[SimplifyCFG] Use a (trivially) dominanting widenable branch to remove later slow path blocks

This transformation is a variation on the GuardWidening transformation we have checked in as it's own pass. Instead of focusing on merge (i.e. hoisting and simplifying) two widenable branches, this transform makes the observation that simply removing a second slowpath block (by reusing an existing one) is often a very useful canonicalization. This may lead to later merging, or may not. This is a useful generalization when the intermediate block has loads whose dereferenceability is hard to establish. As noted in the patch, this can be generalized further, and will be. Differential Revision: https://reviews.llvm.org/D69689
author: Philip Reames <listmail@philipreames.com> 2019-11-04 09:40:53 -0800
committer: Philip Reames <listmail@philipreames.com> 2019-11-04 11:03:28 -0800
commit: 6ff439b57f0fc2b1a2193ae37637c531ff652b1c (patch)
tree: ccb0d8f0b5e64894d5eca7859b34876fe78cb298
parent: 113181e9bd05353ed562ee7b971bf7f1e58cd5de (diff)
download: bcm5719-llvm-6ff439b57f0fc2b1a2193ae37637c531ff652b1c.tar.gz
bcm5719-llvm-6ff439b57f0fc2b1a2193ae37637c531ff652b1c.zip
2 files changed, 364 insertions, 0 deletions
diff --git a/llvm/lib/Transforms/Utils/SimplifyCFG.cpp b/llvm/lib/Transforms/Utils/SimplifyCFG.cpp
index 3a5e3293ed4..9644ba31f4d 100644
--- a/llvm/lib/Transforms/Utils/SimplifyCFG.cpp
+++ b/llvm/lib/Transforms/Utils/SimplifyCFG.cpp
@@ -24,6 +24,7 @@
 #include "llvm/Analysis/AssumptionCache.h"

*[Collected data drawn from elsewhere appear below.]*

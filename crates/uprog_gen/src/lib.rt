//! The compiler from operations to microprograms.
#![tactic(auto)]

mod emit;
mod entry;
mod flow;
mod graphs;
mod head;
mod layout;
mod lowering;
mod ops;

pub use entry::compile_entry;
pub use layout::lay_out;
pub use lowering::lower;
pub use ops::{Compiled, Lowered, compile_ops};
pub use uprog_code::EntryCode;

 #include "llvm/Analysis/ConstantFolding.h"
 #include "llvm/Analysis/EHPersonalities.h"
+#include "llvm/Analysis/GuardUtils.h"
 #include "llvm/Analysis/InstructionSimplify.h"

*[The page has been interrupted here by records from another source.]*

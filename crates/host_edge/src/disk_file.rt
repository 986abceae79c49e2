//! A file of the file system, set as a whole.

use crate::stream::write_whole;
use std::fs;
use std::fs::{OpenFile, OpenOptions, Permissions};
use std::io::ErrorKind;
use std::os::unix::fs::PermissionsExt;
use std::path::Path;

/// How many names beside a file are tried.
const NAMES: u32 = 16;

/// What the name of a new file begins with where that of the file that it replaces is too long.
const SHORT: &str = ".simdram";

/// What came of a file that was written beside another.
enum Beside {
    /// It stands in the other's place.
    Moved,
    /// It could not be written, and is gone.
    Failed,
    /// Its name is too long.
    TooLong,
    /// No file may be made in this folder.
    NotAllowed,
}

/// Sets the file to the bytes, and says whether it did. They are written beside the file, which
/// they then replace with its mode, so that a crash or a full disk leaves the old file or the new
/// one. Of a link the link's file is replaced. What is no regular file is written in place.
pub(crate) fn set_file(rt: &HostRuntime, name: &str, bytes: &[u8]) -> bool {
    match fs::symlink_metadata(rt, name) {
        Ok(found) if found.is_symlink() => set_through(rt, name, bytes),
        _ => set_plain(rt, name, bytes),
    }
}

/// Sets the file that a link leads to. Where there is none yet, it is made in place.
fn set_through(rt: &HostRuntime, link: &str, bytes: &[u8]) -> bool {
    match fs::canonicalize(rt, link) {
        Ok(place) => set_plain(rt, place.as_str(), bytes),
        Err(e) if e.kind() == ErrorKind::NotFound => write_in_place(rt, link, bytes),
        Err(_) => false,
    }
}

/// Sets a file that is no link.
fn set_plain(rt: &HostRuntime, name: &str, bytes: &[u8]) -> bool {
    match fs::symlink_metadata(rt, name) {
        Ok(found) if found.is_file() => {
            let may_write = OpenOptions::new().write(true).open(rt, name).is_ok();
            may_write && replace(rt, name, Some(found.permissions().mode()), bytes)
        }
        Err(e) if e.kind() == ErrorKind::NotFound => replace(rt, name, None, bytes),
        _ => write_in_place(rt, name, bytes),
    }
}

/// Replaces a file, or makes it. Where no file may be made in its folder, it is written in place.
fn replace(rt: &HostRuntime, name: &str, mode: Option<u32>, bytes: &[u8]) -> bool {
    let found = match put_beside(rt, name, name, mode, bytes) {
        Beside::TooLong => put_by_short_name(rt, name, mode, bytes),
        found => found,
    };
    match found {
        Beside::Moved => true,
        Beside::NotAllowed => write_in_place(rt, name, bytes),
        Beside::Failed | Beside::TooLong => false,
    }
}

/// The same by a short name, of which a folder has one for all its files.
fn put_by_short_name(rt: &HostRuntime, name: &str, mode: Option<u32>, bytes: &[u8]) -> Beside {
    match Path::new(name).with_file_name(rt.alloc(), SHORT) {
        Ok(short) => put_beside(rt, short.as_str(), name, mode, bytes),
        Err(_) => Beside::Failed,
    }
}

fn write_in_place(rt: &HostRuntime, name: &str, bytes: &[u8]) -> bool {
    match fs::create(rt, name) {
        Ok(mut file) => write_whole(&mut file, bytes),
        Err(_) => false,
    }
}

/// Writes the bytes into a new file whose name begins so, and gives it the place of a file.
fn put_beside(
    rt: &HostRuntime,
    start: &str,
    name: &str,
    mode: Option<u32>,
    bytes: &[u8],
) -> Beside {
    for number in 0..NAMES {
        let Ok(beside) = format!(in rt.alloc(); "{start}.new{number}") else {
            return Beside::Failed;
        };
        match fs::File::create_new(rt, &beside) {
            Ok(mut file) => {
                let kept = mode.is_none_or(|mode| {
                    let permissions = Permissions::from_mode(mode);
                    file.set_permissions(permissions).is_ok()
                });
                let moved = kept
                    && write_whole(&mut file, bytes)
                    && fs::rename(rt, &beside, name).is_ok();
                if moved {
                    return Beside::Moved;
                }
                let _ = fs::remove_file(rt, &beside);
                return Beside::Failed;
            }
            Err(e) => match e.kind() {
                ErrorKind::AlreadyExists => {}
                ErrorKind::InvalidFilename => return Beside::TooLong,
                ErrorKind::PermissionDenied => return Beside::NotAllowed,
                _ => return Beside::Failed,
            },
        }
    }
    Beside::Failed
}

 #include "llvm/Analysis/MemorySSA.h"
 #include "llvm/Analysis/MemorySSAUpdater.h"
@@ -3212,6 +3213,47 @@ static bool mergeConditionalStores(BranchInst *PBI, BranchInst *QBI,
   return Changed;
 }
 
+
+/// If the previous block ended with a widenable branch, determine if reusing
+/// the target block is profitable and legal.  This will have the effect of
+/// "widening" PBI, but doesn't require us to reason about hosting safety.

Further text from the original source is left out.